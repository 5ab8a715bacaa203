//! Numbers that some bits of others make, and numbers with known bits between two limits.

ghost use Rattle.std.specs.Prelude.{ℕ, ◌<◌, ◌≤◌};

use crate::scalars::{Scalar, between};
use known_bits::Bits;

impl Scalar {
    ghost use Rattle.known_bits.specs.Bits as B;
    ghost use Rattle.reg_state.specs.Scalars.{Has};
    ghost use Rattle.reg_state.specs.Arithmetic.{IsPart};

    /// The numbers that `count` bits of these make, from bit `from` on.
    pub fn part(self, from: u64, count: u32) -> Scalar
        requires from { from < 64 }
        requires some { 0 < count }
        requires count { count ≤ 64 }
        ensures { IsPart from count self result }
    {
        let limits = self.range.part(from, count).wide;
        Scalar::limited(self.bits.part(from, count), limits.least, limits.greatest)
    }

    // The numbers with known bits between two limits: bits and limits narrow each other.
    fn limited(bits: Bits, least: u64, greatest: u64) -> Scalar
        requires { least ≤ greatest }
        ensures contains { (x : ℕ) → B.Has bits x → least ≤ x → x ≤ greatest → Has result x }
        ensures narrower { (x : ℕ) → Has result x → B.Has bits x × (least ≤ x) × (x ≤ greatest) }
    {
        let (bits, least, greatest) = Scalar::shown(bits, least, greatest);
        let range = between(least, greatest);
        let both = Scalar { bits, range };
        both.single()
    }

    // What known bits and two limits show of each other.
    pub(crate) fn shown(bits: Bits, least: u64, greatest: u64) -> (Bits, u64, u64)
        requires { least ≤ greatest }
        ensures contains { (x : ℕ) → B.Has bits x → least ≤ x → x ≤ greatest
            → B.Has result.0 x × (result.1 ≤ x) × (x ≤ result.2) }
        ensures bits { (x : ℕ) → B.Has result.0 x → B.Has bits x }
        ensures limits { (least ≤ result.1) × (result.1 ≤ result.2) × (result.2 ≤ greatest) }
    {
        let Some(known) = bits.meet(Bits::between(least, greatest)) else {
            return (bits, least, greatest);
        };
        let smallest = least.max(known.least());
        let largest = greatest.min(known.greatest());
        if smallest > largest {
            return (bits, least, greatest);
        }
        (known, smallest, largest)
    }

    // The same numbers. If the limits leave only one number, it is known as a constant.
    pub(crate) fn single(self) -> Scalar
        ensures contains { (x : ℕ) → Has self x → Has result x }
        ensures narrower { (x : ℕ) → Has result x → Has self x }
    {
        let Some(number) = self.range.number() else {
            return self;
        };
        match self.alone(number) {
            Some(constant) => constant,
            None => self,
        }
    }
}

Problem to solve: Each line above from the one with "IsPart from count" up to and including the one with "greatest → Has" must be set down exactly, and no line outside that span may appear.

Task solution:
        ensures { IsPart from count self result }
    {
        let limits = self.range.part(from, count).wide;
        Scalar::limited(self.bits.part(from, count), limits.least, limits.greatest)
    }

    // The numbers with known bits between two limits: bits and limits narrow each other.
    fn limited(bits: Bits, least: u64, greatest: u64) -> Scalar
        requires { least ≤ greatest }
        ensures contains { (x : ℕ) → B.Has bits x → least ≤ x → x ≤ greatest → Has result x }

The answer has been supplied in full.